• WHAT THE EXERCISE ASKS:
Output only the lines below that start at the line containing "job, its direct needs that have not finished." and end at the line containing "NeedsAreLeft graph.now jobs.old.items", with both ends kept.

************

//! Builds a run from the parts in which it is stored.

ghost use Rattle.std.specs.Prelude.{◌≡◌, IfOk, MatchOption, length};
ghost use Rattle.wf_value.specs.Gives.{ErrsOnlyByMemory};
ghost use Rattle.run_plan.specs.PlanOf.{plan_of};
ghost use Rattle.table_model.specs.AsPlanned.{HaveRoom, IsAsPlanned};
ghost use Rattle.table_model.specs.Parts.{run_of_parts};
ghost use Rattle.table_model.specs.inner.Cells.{legs_planned, rooms, states};

use crate::job::Job;
use crate::run::Run;
use crate::run::needs::count_needs;
use crate::run_parts::{JobParts, RunParts};
use run_plan::{Number, PlannedJob};
use std::alloc::Global;
use wf_value::Refusal;

impl Run {
    /// The run of these parts with this id and this number, if it has the jobs of its plan and each of them has none of its legs or all.
    /// Otherwise `None`.
    /// Refusal (The layers below): `table_model`: `Run::of_parts`; `table_runs`: `Runs::of_parts`; `stored_tables`: `TableParts::table`
    /// When: `None`: exactly, with memory, if nothing has these parts. 50
    /// Afterwards: nothing is made
    /// By: `of`, `err`
    pub fn of_parts(
        alloc: Global,
        id: Number,
        number: Number,
        parts: &RunParts,
    ) -> Result<Option<Self>, Refusal>
        ensures err { ErrsOnlyByMemory result }
        ensures of { IfOk result (λ found. MatchOption found (IsAsPlanned (plan_of parts.now.admitted.body) parts.now.jobs → ⊥)
            (λ run. (run ≡ run_of_parts id number parts.now) × IsAsPlanned (plan_of parts.now.admitted.body) parts.now.jobs)) }
    {
        let plan = parts.prepared.plan();
        let of_jobs = parts.jobs.as_slice();
        if of_jobs.len() != plan.as_slice().len() {
            return Ok(None);
        }
        let Some(mut jobs) = jobs_of_parts(alloc, of_jobs, plan.as_slice())? else {
            return Ok(None);
        };
        count_needs(&mut jobs, plan.graph());
        Ok(Some(Run {
            id,
            number,
            prepared: parts.prepared.share()?,
            attempt: parts.attempt,
            phase: parts.phase,
            stopping: parts.stopping,
            jobs,
        }))
    }
}

/// The jobs of these parts, which are as many as the plan has.
fn jobs_of_parts(
    alloc: Global,
    parts: &[JobParts],
    plan: &[PlannedJob],
) -> Result<Option<Vec<Job>>, Refusal>
    requires { length parts.now ≡ length plan.now }
    ensures err { ErrsOnlyByMemory result }
    ensures of { IfOk result (λ found. MatchOption found (HaveRoom plan.now parts.now → ⊥)
        (λ jobs. (states jobs.items ≡ parts.now) × (rooms jobs.items ≡ legs_planned plan.now) × HaveRoom plan.now parts.now)) }
{
    let mut jobs = Vec::with_capacity(alloc, plan.len())?;
    for j in 0..parts.len() {
        let part = &parts[j];
        let planned = &plan[j];
        match Job::of_parts(alloc, part, planned.legs.as_slice().len())? {
            Some(job) => jobs.push(job)?,
            None => return Ok(None),
        }
    }
    Ok(Some(jobs))
}
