//! For each job of a run, the number of its direct needs that have not finished. Each job keeps its count, so opening a job reads no list.

ghost use Rattle.std.specs.Prelude.{◌≡◌, ◌≢◌, ◌-◌, ℕ, count_by, length, nat_eq};
ghost use Rattle.table_model.specs.inner.Cells.{rooms, states};
ghost use Rattle.table_model.specs.Runs.{changed_at, results_so_far};
ghost use Rattle.table_model.specs.inner.NeedsLeft.{NamedOnce, NeedsAreLeft, needs_left_at, unfinished};
ghost use Rattle.table_model.specs.Settling.{finished_as};

use crate::job::Job;
use crate::run::is_finished_at;
use needs_graph::Graph;
use wf_value::JobResult;

/// Counts again, for each job, its direct needs that have not finished.
pub(super) fn count_needs(jobs: &mut Vec<Job>, graph: &Graph)
    requires { length jobs.old.items ≡ length graph.now }
    ensures states { states jobs.new.items ≡ states jobs.old.items }
    ensures rooms { rooms jobs.new.items ≡ rooms jobs.old.items }
    ensures left { NeedsAreLeft graph.now jobs.new.items }
{
    for j in 0..jobs.len() {
        let left = count_unfinished(jobs.as_slice(), graph.needs(j));
        let job = &mut jobs[j];
        job.set_needs_left(left);
    }
}

/// Finishes job `j`. Each job that needs it directly counts one less, unless `j` had finished before.
pub(super) fn settle_among(jobs: &mut Vec<Job>, graph: &Graph, j: usize, settled: JobResult)
    requires as_many { length jobs.old.items ≡ length graph.now }
    requires once { NamedOnce graph.now }
    requires left { NeedsAreLeft graph.now jobs.old.items }
    ensures states { states jobs.new.items ≡ changed_at j (finished_as settled) (states jobs.old.items) }
    ensures rooms { rooms jobs.new.items ≡ rooms jobs.old.items }
    ensures left { NeedsAreLeft graph.now jobs.new.items }
{
    if j < jobs.len() {
        let job = &mut jobs[j];
        let had_finished = job.is_finished();
        job.settle(settled);
        if !had_finished {
            lower_needs(jobs, graph.dependents(j));
        }
    }
}

/// How many of the jobs at these indices have not finished.
fn count_unfinished(jobs: &[Job], indexes: &[usize]) -> usize
    ensures { result ≡ unfinished (results_so_far (states jobs.now)) indexes.now }
{
    indexes
        .iter()
        .filter(|index| !is_finished_at(jobs, **index))
        .count()
}

/// Lowers the counts of the jobs at these indices by one.
fn lower_needs(jobs: &mut Vec<Job>, indexes: &[usize])
    ensures states { states jobs.new.items ≡ states jobs.old.items }
    ensures rooms { rooms jobs.new.items ≡ rooms jobs.old.items }
    ensures left { (j : ℕ) → needs_left_at jobs.new.items j ≡ needs_left_at jobs.old.items j - count_by (nat_eq j) indexes.now }
{
    for index in indexes {
        lower_needs_at(jobs, *index);
    }
}

/// Lowers the count of the job at this index by one, if there is one.
fn lower_needs_at(jobs: &mut Vec<Job>, index: usize)
    ensures states { states jobs.new.items ≡ states jobs.old.items }
    ensures rooms { rooms jobs.new.items ≡ rooms jobs.old.items }
    ensures there { needs_left_at jobs.new.items index ≡ needs_left_at jobs.old.items index - 1 }
    ensures elsewhere { (j : ℕ) → j ≢ index → needs_left_at jobs.new.items j ≡ needs_left_at jobs.old.items j }
{
    if index < jobs.len() {
        let job = &mut jobs[index];
        let left = job.needs_left();
        job.set_needs_left(left.saturating_sub(1));
    }
}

************

• RESPONSE TO THIS EXERCISE:
/// Counts again, for each job, its direct needs that have not finished.
pub(super) fn count_needs(jobs: &mut Vec<Job>, graph: &Graph)
    requires { length jobs.old.items ≡ length graph.now }
    ensures states { states jobs.new.items ≡ states jobs.old.items }
    ensures rooms { rooms jobs.new.items ≡ rooms jobs.old.items }
    ensures left { NeedsAreLeft graph.now jobs.new.items }
{
    for j in 0..jobs.len() {
        let left = count_unfinished(jobs.as_slice(), graph.needs(j));
        let job = &mut jobs[j];
        job.set_needs_left(left);
    }
}

/// Finishes job `j`. Each job that needs it directly counts one less, unless `j` had finished before.
pub(super) fn settle_among(jobs: &mut Vec<Job>, graph: &Graph, j: usize, settled: JobResult)
    requires as_many { length jobs.old.items ≡ length graph.now }
    requires once { NamedOnce graph.now }
    requires left { NeedsAreLeft graph.now jobs.old.items }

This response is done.